4 The Devil's First Braid
A Braid of Three Threads
CHAPTER 4
Britain had become an empire. But could they afford it?
Britain had won North America. But could they keep it?
A Complex Continent
A complicated mosaic of disparate cultural groups spanned British North America. Few of them got along, and none of them wanted to be told what to do. And told what to do by the British, no less. No, thank you.
While the British population dwarfed most of the world in their ability to read and write during the Seven Years’ War, a newly emerging corner of the world now dwarfed Britain.
Men in the 13 colonies had grown their literacy rate to 90%! The same forces that had just marshalled Britain’s rise to a global power now festered in the heart of its newly won prize.

The 13 Colonies
Reason, science, and education were transforming Europe in what was called the Enlightenment. Population levels across the Western world were exploding, and nowhere was more exciting to try out these new and inspiring ideas than the relatively blank slate of the 13 colonies.

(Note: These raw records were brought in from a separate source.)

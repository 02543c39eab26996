// The run of a judge over an input.
ghost use Rattle.std.specs.Prelude.{◌≡◌};
ghost use Rattle.replay_command_base.specs.Diagnostics.{command_status};
ghost use Rattle.replay_command_base.specs.Streams.{filter_streams};
ghost use Rattle.judge_report.specs.Conducts.{ConductJudged};
ghost use Rattle.judge_report.specs.Judged.{Judged};

use crate::conduct_report::ConductReport;
use crate::report::Report;
use line_io::{Sink, Source};
use replay_command_base::{Ending, run_filter};
use session_judge::Listener;
use std::alloc::Global;

/// Judges the log that the input gives and this one wrote, writes the report on it, and reports how that ended: `Done` if the talk with the
/// engine is lawful, `Unlawful` with the line of the mark that breaks a rule, `NoMark` with a line that is none of a
/// log; or what kept it from reading or writing.
pub fn run_judge<I: Source, O: Sink, D: Sink>(
    alloc: Global,
    listener: Listener,
    input: &mut I,
    output: &mut O,
    diag: &mut D,
) -> Ending
    ensures { Judged listener ((input.new ≡ input.old) × (output.new ≡ output.old))
        (filter_streams (I.state input.old) (O.state output.old) (D.state diag.old))
        (filter_streams (I.state input.new) (O.state output.new) (D.state diag.new))
        (command_status result) }
{
    run_filter(alloc, Report::new(alloc, listener), input, output, diag)
}

/// Judges an engine's own conduct in the log that the input gives and this one wrote, writes the report on it, and reports
/// how that ended: `Done` if no line is blamed, `Unlawful` with the line that was blamed last, `NoMark` with a line that
/// is none of a log; or what kept it from reading or writing.
pub fn run_conduct_judge<I: Source, O: Sink, D: Sink>(
    alloc: Global,
    listener: Listener,
    input: &mut I,
    output: &mut O,
    diag: &mut D,
) -> Ending
    ensures { ConductJudged listener ((input.new ≡ input.old) × (output.new ≡ output.old))
        (filter_streams (I.state input.old) (O.state output.old) (D.state diag.old))
        (filter_streams (I.state input.new) (O.state output.new) (D.state diag.new))
        (command_status result) }
{
    run_filter(alloc, ConductReport::new(listener), input, output, diag)
}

A population of two million people was bursting at the seams, anxiously anticipating the infinite expanses of life beyond the Appalachian mountain range. Great dreams were festering in the hearts and minds of colonial leaders. New methods of agriculture, transport, and resource extraction were ripe to turn the Ohio Valley and the Mississippi watershed into the most powerful engine of agricultural bounty in human history.
If the colonies could only get past those mountains, the Mississippi held the most plentiful farmland and the most navigable waterways in the world.
Excitement was high. A sense of destiny filled the air. The future was West. And the road there was inevitable.
Until suddenly, Britain squashed it all.
Apparently, Running an Empire Is Hard
Britain may have won the war for North America, but they had not yet won the peace. An unprecedented patchwork of cultures, languages, and religions now vied for influence across the continent. Needless to say, the complexity. Was. Vast.
Suddenly humbled by the cultural nuances of managing an empire, not just in North America but around the world, Britain sought stability above all else.
If they were going to hold this whole thing together, they would need to learn to compromise. If they were going to facilitate compromise with so many different cultural factions, they were going to need to embrace tolerance.
And more than that, they sensed the 13 Colonies slipping. The war with France had nearly bankrupted Britain, and they needed the Thirteen Colonies to chip in. “No taxes without representation” was a legitimate grievance for the Americans, though they still only paid roughly 1/10th the taxes that a British citizen paid back home.
A split was forming. A push for American independence was coming. And so, after centuries of fighting for control of North America and finally having won it, Britain was now poised to lose it forever.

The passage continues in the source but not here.